Data items:
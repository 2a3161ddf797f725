// The file of two branches that one number determines.
ghost use Rattle.std.specs.Prelude.{◌≡◌, ◌≤◌, ◌<◌, ◌+◌, ◌-◌, [], ◌∷◌, ◌++◌, length, IfOk, OnOk};
ghost use Rattle.std.specs.List.{AllByRecursion};
ghost use Rattle.el_tx.specs.Encoding.{HasEncoding};
ghost use Rattle.el_block.specs.Blocks.{block_hash as hash_of};
ghost use Rattle.el_gen.specs.Generated.{coinbase as coinbase_of, spend as spend_of, block_record as record_of};
ghost use Rattle.el_gen.specs.MadeFile as spec;
ghost use Rattle.el_gen.specs.MadeFile.{block_records, branch_blocks, first_output, first_tip, halves, last_block_hash, made_block, made_file, regtest_magic, side_tip};

use crate::blocks::{block, block_record};
use crate::transactions::{coinbase, spend};
use el_base::{Bytes, Hash32, OutOfMemory};
use el_block::Block;
use el_tx::{Outpoint, Tx, block_hash, encode_header, txid};
use std::alloc::Global;

/// How many blocks the first branch of a made file may have at most.
pub const MOST_MADE: u32 = 20_000;

// The bytes that begin a record of the network regtest.
const REGTEST_MAGIC: [u8; 4] = [0xfa, 0xbf, 0xb5, 0xda];

// The number of the script to which coinbases pay, and of that to which one half of each spend goes.
const COINBASE_SCRIPT: u32 = 101;

const HALF_SCRIPT: u32 = 100;

// Half of what a coinbase gives, in satoshi.
const HALF: u64 = 2_500_000_000;

// By which byte the coinbases of the two branches differ.
const FIRST_BRANCH: u8 = 0;

const SIDE_BRANCH: u8 = 1;

// How many of its last blocks the side branch leaves out, if there are as many.
const LEFT_OUT: u32 = 5;

// What the first block names as the block before it.
const NO_BLOCK: Hash32 = Hash32([0; 32]);

/// A file of block files, for trial runs.
#[derive(Debug, Drop)]
pub struct Made {
    /// Its bytes: the records of two branches of blocks.
    pub file: Bytes,
    /// The hash of the last block of the first branch, in inner order.
    pub first_tip: Hash32,
    /// The hash of the last block of the side branch, in inner order.
    pub side_tip: Hash32,
}

// The last block of a branch, on which a next one stands.
#[derive(Clone, Copy, Debug)]
struct Tip {
    // Its hash.
    hash: Hash32,
    // Its branch.
    branch: u8,
    // The height of the next block.
    next: u32,
}

// The spend of the coinbase of the block before one of that height.
fn made_spend(alloc: Global, before: u8, height: u32) -> Result<Tx, OutOfMemory>
    requires { 1 ≤ height }
    ensures is { IfOk result (λ t. t
        ≡ spend_of (first_output (coinbase_of (height - 1) before 101) ∷ []) (halves height)) }
    ensures encoded { IfOk result HasEncoding }
{
    let parent = coinbase(alloc, height - 1, before, COINBASE_SCRIPT)?;
    let parent_txid = txid(alloc, &parent)?;
    let from = [Outpoint {
        txid: parent_txid,
        index: 0,
    }];
    let to = [(HALF, height % 100), (HALF, HALF_SCRIPT)];
    let tx = spend(alloc, from.as_slice(), to.as_slice())?;
    Ok(tx)
}

// The transactions of the block of that height of a branch, after a block of the branch `before`.
fn made_txs(alloc: Global, before: u8, branch: u8, height: u32) -> Result<Vec<Tx>, OutOfMemory>
    ensures are { IfOk result (λ txs. txs.items ≡ spec.made_txs before branch height) }
    ensures some { IfOk result (λ txs. 1 ≤ length txs.items) }
    ensures encoded { IfOk result (λ txs. AllByRecursion HasEncoding txs.items) }
{
    let mut txs = Vec::new(alloc);
    let first = coinbase(alloc, height, branch, COINBASE_SCRIPT)?;
    txs.push(first)?;
    if height == 0 {
        return Ok(txs);
    }
    let second = made_spend(alloc, before, height)?;
    txs.push(second)?;
    Ok(txs)
}

// Writes the record of the next block of a branch after the last one.
fn write_next(alloc: Global, last: Tip, branch: u8, out: &mut Bytes) -> Result<Tip, OutOfMemory>
    requires early { last.next < 4000000 }
    ensures written { OnOk result (out.new
        ≡ out.old ++ record_of regtest_magic (made_block last.hash last.branch branch last.next)) }
    ensures tip { IfOk result (λ tip. tip ≡ record {
      hash = hash_of (made_block last.hash last.branch branch last.next).header;
      branch = branch;
      next = last.next + 1;
    }) }
{
    let txs = made_txs(alloc, last.branch, branch, last.next)?;
    let block = block(alloc, last.hash, last.next, branch, txs)?;
    let record = block_record(alloc, REGTEST_MAGIC, &block)?;
    out.extend(record.as_slice())?;
    Ok(Tip {
        hash: block_hash(&encode_header(&block.header)),
        branch,
        next: last.next + 1,
    })
}

// Writes the records of the next blocks of a branch after the last one, so many.
fn write_branch(
    alloc: Global,
    last: Tip,
    branch: u8,
    count: u32,
    out: &mut Bytes,
) -> Result<Tip, OutOfMemory>
    requires early { last.next + count ≤ 4000000 }
    ensures written { OnOk result (out.new
        ≡ out.old ++ block_records (branch_blocks last.hash last.branch branch last.next count)) }
    ensures hash { IfOk result (λ tip. tip.hash
        ≡ last_block_hash last.hash (branch_blocks last.hash last.branch branch last.next count)) }
    ensures next { IfOk result (λ tip. tip.next ≡ last.next + count) }
    ensures same { IfOk result (λ tip. last.branch ≡ branch → tip.branch ≡ branch) }
{
    let mut tip = last;
    for step in 0..count {
        tip = write_next(alloc, tip, branch, out)?;
    }
    Ok(tip)
}

/// The file of two branches that this number, from 1 to 20,000, determines. The first branch has so many
/// blocks, from the genesis on; the side branch leaves out its last five, or all but the genesis, and has one
/// block more than these. Each block has a coinbase, and all but the genesis spend that of the block before
/// into halves. Fails only where memory runs out.
pub fn make(alloc: Global, count: u32) -> Result<Made, OutOfMemory>
    requires some { 1 ≤ count }
    requires few { count ≤ MOST_MADE }
    ensures file { IfOk result (λ made. made.file ≡ made_file count) }
    ensures first { IfOk result (λ made. made.first_tip ≡ first_tip count) }
    ensures side { IfOk result (λ made. made.side_tip ≡ side_tip count) }
{
    let left_out = LEFT_OUT.min(count - 1);
    let start = Tip {
        hash: NO_BLOCK,
        branch: FIRST_BRANCH,
        next: 0,
    };
    let mut file = Bytes::new(alloc);
    let fork = write_branch(alloc, start, FIRST_BRANCH, count - left_out, &mut file)?;
    let first = write_branch(alloc, fork, FIRST_BRANCH, left_out, &mut file)?;
    let side = write_branch(alloc, fork, SIDE_BRANCH, left_out + 1, &mut file)?;
    Ok(Made {
        file,
        first_tip: first.hash,
        side_tip: side.hash,
    })
}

Assigned task - Repeat the entries above verbatim, but only from the line that has "use el_block::Block;" down to the line that has "const REGTEST_MAGIC: [u8;", inclusive.

Written solution -
use el_block::Block;
use el_tx::{Outpoint, Tx, block_hash, encode_header, txid};
use std::alloc::Global;

/// How many blocks the first branch of a made file may have at most.
pub const MOST_MADE: u32 = 20_000;

// The bytes that begin a record of the network regtest.
const REGTEST_MAGIC: [u8; 4] = [0xfa, 0xbf, 0xb5, 0xda];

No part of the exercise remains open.